Korkut AKIN yazdı: Doluya koysan almıyor, boşa koysan dolmuyor. “Nihavent Hıçkırık”ın deneyimli kadın romanları yazarı Demet Altınyeleklioğlu, yaşanan çelişkiyi o denli güçlü anlatıyor ki, içiniz acıyor ister istemez, yüzyılı aşkın bir süre geçmiş olmasına rağmen.

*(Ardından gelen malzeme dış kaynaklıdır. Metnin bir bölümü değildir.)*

/// The form in the byte of form and group; 16 is the form of products.
fn form_in(number: u8) -> u8
    ensures { result ≡ form_of number }
{
    if number == 16 { 2 } else { number % 2 }
}

/// The number of frames that share a budget.
fn group_in(number: u8) -> u8
    ensures { result ≡ group_of number }
{
    if number == 16 { 1 } else { number / 2 + 1 }
}

/// Whether such pictures can't be cut into slices, or a group of their frames has too many slices.
#[tactic(auto, unfolding(pr_geom::specs::Faults::slice_count))]
fn has_no_layout(width: u16, height: u16, log2: u8, interlace: Interlace, group: u8) -> bool
    requires size { log2 ≤ 3 }
    ensures { result ≡ has_no_layout width height log2 interlace group }
{
    match Layout::new(width, height, log2, interlace, Chroma::C422) {
        Ok(layout) => {
            MAX_TABLE_SLICES < u32::from(group) * (u32::from(layout.pictures()) * layout.slices())
        }
        Err(_) => true,
    }
}

/// Reads the magic number and the format.
#[tactic(auto, unfolding(crate::specs::Head::format_at, pw_outside::specs::Reading::bind))]
pub(crate) fn format_of<S: ByteSource>(source: &mut S, place: &mut u64) -> Result<u8, TableFault>
    requires { place.old + 5 < 2 ^ 64 }
    ensures bytes { Gives told_fault (λ x. x) (S.left source.old) (S.left source.new) place.old place.new result
        format_at }
    ensures format { IfOk result IsFormat }
    ensures place { place.new ≤ place.old + 5 }
    ensures becomes { GoesOn S.becomes source.old source.new }
    ensures cause { CountsFault (S.faults source.old) (S.faults source.new) (is_failed result) }
    ensures memory { is_out_of_memory result ≡ false }
{
    let at = *place;
    let magic = read_u32(source, place, SHORT)?;
    if magic != MAGIC {
        return Err(bad(ProofKind::ProofMagic, at));
    }
    let at = *place;
    let format = read_u8(source, place, SHORT)?;
    if format != 1 && format != 2 {
        return Err(bad(ProofKind::ProofMagic, at));
    }
    Ok(format)
}

/// Reads form and group, and the size of the pictures.
#[tactic(auto, unfolding(crate::specs::Head::size_at, pw_outside::specs::Reading::bind))]
fn size_of<S: ByteSource>(source: &mut S, place: &mut u64) -> Result<Size, TableFault>
    requires { place.old + 5 < 2 ^ 64 }
    ensures bytes { Gives told_fault (λ x. x) (S.left source.old) (S.left source.new) place.old place.new result
        size_at }
    ensures form { IfOk result (λ s. (s.form ≤ 2) × (1 ≤ s.group) × (s.group ≤ 8) × (s.form ≡ 2 → s.group ≡ 1)) }
    ensures place { place.new ≤ place.old + 5 }
    ensures becomes { GoesOn S.becomes source.old source.new }
    ensures cause { CountsFault (S.faults source.old) (S.faults source.new) (is_failed result) }
    ensures memory { is_out_of_memory result ≡ false }
{
    let at = *place;
    let form = read_u8(source, place, SHORT)?;
    if 16 < form {
        return Err(bad(ProofKind::ProofShape, at));
    }
    let at = *place;
    let width = read_u16(source, place, SHORT)?;
    if width == 0 || 8192 < width {
        return Err(bad(ProofKind::ProofShape, at));
    }
    let at = *place;
    let height = read_u16(source, place, SHORT)?;
    if height == 0 || 4320 < height {
        return Err(bad(ProofKind::ProofShape, at));
    }
    Ok(Size {
        form: form_in(form),
        group: group_in(form),
        width,
        height,
    })
}
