/// A WRITE of a file that isn't open: it is opened, with what was lost of it when it was closed. Takes memory.
pub fn first_write<C: Cluster>(
    conn: u32,
    file: u64,
    call: WriteCall,
    lost: Option<ClosedHull>,
    tracker: &mut RequestTracker,
    cluster: &mut C,
) -> FirstWrite<C::File>
    requires home { IsBodyHome C.File.tells (C.at cluster.old (body_id file)) None }
    requires few { length call.content ≤ 1048576 }
    requires below { call.offset + length call.content < 2 ^ 63 }
    ensures ok { IfOk result.text (StepsTo C.File.tells (WriteFile conn call)
        (scene_of file C.Cluster lost None tracker.old cluster.old) (scene_of file C.Cluster lost result.cell tracker.new cluster.new)) }
    ensures err { OnErr result.text (IsActCut C.File.tells (WriteFile conn call)
        (scene_of file C.Cluster lost None tracker.old cluster.old) (scene_of file C.Cluster lost result.cell tracker.new cluster.new)) }
    ensures ready { IsReadyIn tracker.old.settings.limits file result.cell }
    ensures home_after { IsBodyHome C.File.tells (C.at cluster.new (body_id file)) result.cell }
    ensures others { OthersStay C.Cluster C.File.tells file cluster.old cluster.new }
    ensures losses { C.File.tells → C.losses cluster.new (body_id file) ≡ C.losses cluster.old (body_id file) }
    ensures event { tracker.new.noted.event ≡ tracker.old.noted.event }
    ensures terms { SameTerms tracker.old tracker.new }
{
    match tracker.begin_request(conn, call.xid) {
        Ok(ticket) => {
            let request = WriteReq {
                offset: call.offset,
                stable: call.stable,
                bytes: call.content,
                ticket,
                moment: tracker.moment(),
            };
            open_and_write(file, request, lost, tracker, cluster)
        }
        Err(error) => FirstWrite {
            cell: None,
            text: Err(error),
        },
    }
}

Edebiyat tarihimizin hece veznini kullanan ilk kadın şairi İhsan Raif, zorlu, zorlu olduğu kadar sorunlu, bir o kadar da güçlükler içinde, ama hep başı dik, kararlı, güvenli biri… Kadın haklarının bırakın verilmemiş olmasını bilinmemesi, mücadele geleneğinin bulunmaması nedeniyle (tabii, bilinçli olarak cahil bırakılan toplumu da unutmamalı), erkek egemen toplum düzeyinin kadın konusunu, dinin de etkisiyle, görmezden gelmek herkesin kolayına geliyor. Öyle ki, vezir kızı olmasına, babasının önünde herkesin eğilip her ne derse kabul etmesine rağmen gerçekleri dile getirebilen İhsan Raif, daha çocuk denilecek yaşta düşürüldüğü tuzak nedeniyle haklarını koruyamıyor. İtirazlarını başta babası, sonra annesi hatta kardeşi dinlemiyor bile. Tek korku var: Mahalle baskısı. Ne derler sonra sıkıntısı. Dedikoduya malzeme olma kaygısı…

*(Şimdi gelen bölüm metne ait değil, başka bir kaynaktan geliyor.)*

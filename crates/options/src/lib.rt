// The options of a `wire` line and of a `memory` line, as they were written.
#![tactic(auto)]

ghost use Rattle.std.specs.Prelude.{◌≡◌, true, false, ◌||◌};
ghost use Rattle.rules.specs.Statements.{wire-stmt, memory-stmt};
ghost use Rattle.rules.specs.Shapes.{wire_option_forms, memory_option_forms};
ghost use Rattle.options.specs.Forms.{forms, statement, accepted, is_flag};
ghost use Rattle.options.specs.Holds.{slot_at, given, no_options, TookNumber, TookFlag};
ghost use Rattle.options.specs.Lines.{TurnIs, LineIs};

use scanner::parts::Span;
use scanner::words::{INOUT, INPUT, MEMORY, OFFSET, OUTPUT, SIGNED, SIZE, UPTO, WIDTH};
use tokens::{Integer, ROW_WORDS, Token, integer_at, token_at};

// The last number given of each option that takes one, the flags, and whether an option stands twice.
#[derive(Clone, Copy)]
pub struct Options {
    pub width: Option<Integer>,
    pub offset: Option<Integer>,
    pub size: Option<Integer>,
    pub input: Option<Integer>,
    pub output: Option<Integer>,
    pub inout: Option<Integer>,
    pub upto: bool,
    pub signed: bool,
    pub twice: bool,
}

// The options of a line and the place of its name.
#[derive(Clone, Copy)]
pub struct Line {
    pub options: Options,
    pub name: Span,
}

// An option by its keyword's number, with its integer if it takes one; or the place of the name, which ends the line.
#[derive(Clone, Copy)]
enum Turn {
    Flag(usize),
    Number(usize, Integer),
    Done(Span),
}

fn no_options() -> Options
    ensures { result ≡ no_options }
{
    Options {
        width: None,
        offset: None,
        size: None,
        input: None,
        output: None,
        inout: None,
        upto: false,
        signed: false,
        twice: false,
    }
}

// The number of the option with keyword number c.
#[tactic(auto, unfolding(crate::specs::Holds::slot_at))]
fn slot_at(o: Options, c: usize) -> Option<Integer>
    ensures { result ≡ slot_at o c }
{
    match c {
        WIDTH => o.width,
        OFFSET => o.offset,
        INPUT => o.input,
        OUTPUT => o.output,
        INOUT => o.inout,
        SIZE => o.size,
        _ => None,
    }
}

// Whether the option with keyword number c is given.
#[tactic(auto, unfolding(crate::specs::Holds::given))]
fn given(o: Options, c: usize) -> bool
    ensures { result ≡ given o c }
{
    match c {
        UPTO => o.upto,
        SIGNED => o.signed,
        _ => slot_at(o, c).is_some(),
    }
}

// Whether an option stands twice where option c stands behind o.
fn twice(o: Options, c: usize) -> bool
    ensures { result ≡ (o.twice || given o c) }
{
    o.twice || given(o, c)
}

// With the number z for option c.
fn with_number(o: Options, c: usize, z: Integer) -> Options
    requires { is_flag c ≡ false }
    ensures { TookNumber o c z result }
{
    let mut r = o;
    r.twice = twice(o, c);
    match c {
        WIDTH => r.width = Some(z),
        OFFSET => r.offset = Some(z),
        SIZE => r.size = Some(z),
        INPUT => r.input = Some(z),
        OUTPUT => r.output = Some(z),
        INOUT => r.inout = Some(z),
        _ => {}
    }
    r
}

// With the flag c.
fn with_flag(o: Options, c: usize) -> Options
    requires { is_flag c ≡ true }
    ensures { TookFlag o c result }
{
    let mut r = o;
    r.twice = twice(o, c);
    if c == UPTO {
        r.upto = true;
    } else {
        r.signed = true;
    }
    r
}

// Whether the keyword c is an option of a memory, or of a wire.
#[tactic(auto, unfolding(crate::specs::Forms::accepted, crate::specs::Forms::codes, rules::specs::Bytes::any))]
fn offered(memory: bool, c: usize) -> bool
    ensures { result ≡ accepted memory c }
{
    if memory {
        return c == WIDTH || c == SIZE || c == OFFSET;
    }
    WIDTH <= c && c < MEMORY
}

#[tactic(auto, unfolding(crate::specs::Forms::is_flag))]
fn flag(c: usize) -> bool
    ensures { result ≡ is_flag c }
{
    c == UPTO || c == SIGNED
}

// The option that starts at row i, or the name at the end.
fn option(tokens: &[u32], memory: bool, i: usize) -> Option<Turn>
    ensures { TurnIs memory tokens.now i result }
{
    match token_at(tokens, i) {
        Token::Name { start, end } => {
            if i + 1 < tokens.len() / ROW_WORDS {
                return None;
            }
            Some(Turn::Done(Span { start, end }))
        }
        Token::Word(c) => {
            if !offered(memory, c) {
                return None;
            }
            if flag(c) {
                return Some(Turn::Flag(c));
            }
            Some(Turn::Number(c, integer_at(tokens, i + 1)?))
        }
        _ => None,
    }
}

// The options and the name from row at on.
fn line_of(tokens: &[u32], memory: bool, at: usize) -> Option<Line>
    ensures { LineIs (forms memory) (statement memory) tokens.now at result }
{
    let mut i = at;
    let mut options = no_options();
    // What is read tells where the next option stands: one takes a token or two.
    loop {
        match option(tokens, memory, i)? {
            Turn::Flag(c) => {
                options = with_flag(options, c);
                i += 1;
            }
            Turn::Number(c, z) => {
                options = with_number(options, c, z);
                i += 2;
            }
            Turn::Done(name) => return Some(Line { options, name }),
        }
    }
}

// A line behind its word `wire`, which stands before row i.
#[tactic(auto, unfolding(crate::specs::Forms::forms, crate::specs::Forms::statement))]
pub fn wire_line(tokens: &[u32], i: usize) -> Option<Line>
    ensures { LineIs wire_option_forms wire-stmt tokens.now i result }
{
    line_of(tokens, false, i)
}

// A line behind its word `memory`, which stands before row i.
#[tactic(auto, unfolding(crate::specs::Forms::forms, crate::specs::Forms::statement))]
pub fn memory_line(tokens: &[u32], i: usize) -> Option<Line>
    ensures { LineIs memory_option_forms memory-stmt tokens.now i result }
{
    line_of(tokens, true, i)
}
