//! The laws of expressions over locations, and of the expressions of calls and of ranked expressions; no code.
//!
//! Each law is the contract of a function without a body. Those of expressions alone:
//!
//! - A test decides which lists an expression holds (`membership_is_decided`).
//! - The normal form for a network holds the same lists of its locations (`normal_form_keeps_membership`), and its members ascend
//!   (`members_ascend`).
//! - The derivative takes off a location, and the reversal reverses the lists (`derivative_takes_off_a_location`,
//!   `reversal_reverses_lists`).
//!
//! Together they say that derivatives of reversed normal forms, one location after another from the origin end, find the first expression
//! that holds a list (`derivatives_decide`). So following states is reading the policy.
//!
//! Those of policies: a list of at least two locations is in the expression of an alternative exactly where it meets the alternative
//! (`alternatives_are_expressions`), and its rank is the place, from 1, of the first such expression (`ranks_are_first_places`). Lists of
//! one location are left out, since a walk has a source and an origin.
//!
//! It knows nothing of graphs.
#![tactic(auto)]

ghost use Rattle.std.specs.Prelude.{◌≡◌, ◌≤◌, ◌↔◌, ◌∷◌, [], ℕ, List, length, map, reverse, true};
ghost use Rattle.std.specs.List.{list_all};
ghost use Rattle.net_base.specs.Network.{IsNet, PlainNet, is_location};
ghost use Rattle.policy_base.specs.Meaning.{alternatives, rank_of};
ghost use Rattle.policy_base.specs.Policies.{Ranking};
ghost use Rattle.path_exprs.specs.Derivative.{derivative};
ghost use Rattle.path_exprs.specs.Expression.{Expression};
ghost use Rattle.path_exprs.specs.Forward.{expressions};
ghost use Rattle.path_exprs.specs.Membership.{Member, member};
ghost use Rattle.net_base.specs.NetSets.{locations};
ghost use Rattle.path_exprs.specs.Normal.{normal, reversed, sorted};
ghost use Rattle.path_exprs.specs.Order.{Ascends};
ghost use Rattle.path_exprs.specs.Runs.{along, first_with, start_of};

/// The test of membership holds exactly of the lists that are in an expression.
pub fn membership_is_decided()
    ensures { (e : Expression) (xs : List ℕ) → (member e xs ≡ true) ↔ Member e xs }
{}

/// The normal form for a network holds the lists of its locations that the expression holds.
pub fn normal_form_keeps_membership()
    ensures { (net : PlainNet) (e : Expression) (xs : List ℕ) → IsNet net → list_all (is_location net) xs ≡ true
        → member (normal (locations net) e) xs ≡ member e xs }
{}

/// The derivative by a location holds the lists that, with the location in front, are in the expression.
pub fn derivative_takes_off_a_location()
    ensures { (e : Expression) (x : ℕ) (xs : List ℕ) → member (derivative x e) xs ≡ member e (x ∷ xs) }
{}

/// The reversed expression holds the reversed lists.
pub fn reversal_reverses_lists()
    ensures { (e : Expression) (xs : List ℕ) → member (reversed e) xs ≡ member e (reverse xs) }
{}

/// The members of a normal alternation or intersection ascend, each strictly.
pub fn members_ascend()
    ensures { (es : List Expression) → Ascends (sorted es) }
{}

/// After a list of locations of the network, the first of the reversed normal forms' derivatives that holds
/// the empty list is the first expression that holds the reversed list.
pub fn derivatives_decide()
    ensures { (net : PlainNet) (es : List Expression) (xs : List ℕ) → IsNet net → list_all (is_location net) xs ≡ true
        → first_with [] (along xs (start_of (locations net) es)) ≡ first_with (reverse xs) es }
{}

/// A list of at least two locations of the network is in the expression of each alternative of a ranked expression exactly
/// where it meets the alternative.
pub fn alternatives_are_expressions()
    ensures { (net : PlainNet) (ranked : Ranking) (path : List ℕ) → IsNet net → 2 ≤ length path → list_all (is_location net) path ≡ true
        → map (λ e. member e path) (expressions net ranked) ≡ map (λ test. test path) (alternatives net ranked) }
{}

/// The rank of such a list is the place, from 1, of the first expression that holds it.
pub fn ranks_are_first_places()
    ensures { (net : PlainNet) (ranked : Ranking) (path : List ℕ) → IsNet net → 2 ≤ length path → list_all (is_location net) path ≡ true
        → first_with path (expressions net ranked) ≡ rank_of net ranked path }
{}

İçiniz rahatsa, insanların sizin için düşündüklerini umursamazsınız. Ya rahat değilse… Sorular birbiri ardına kasap çengeli misali diziliyorsa karşınıza; tıpkı satranç oyunundaki gibi karşınızdakinin hamlelerini düşünüp ona göre tavır alırsınız, ona göre hareket edersiniz.
İnce eleyip sık dokumak gerekir
Osmanlı’nın son döneminde, zaten “hafiye devleti” olmuş iktidarın altında herkes “gözünün altında kaşın var” gerekçesiyle tutuklanabilir, sürgüne gönderilebilir, hatta idam edilebilir. İnce eleyip sık dokumak gerekir. Yeniliklere yer yoktur yaşamda. Hele ikinci sınıf bile görülmeyen kadınların söz hakkı hiç yoktur. Kimse onlara düşüncesini de sormaz, önerilerini de. 13 yaşındaki bir çocuğun sığınabileceği ana kucağı, baba gücü de karşısına çıkar tam da bu nedenle.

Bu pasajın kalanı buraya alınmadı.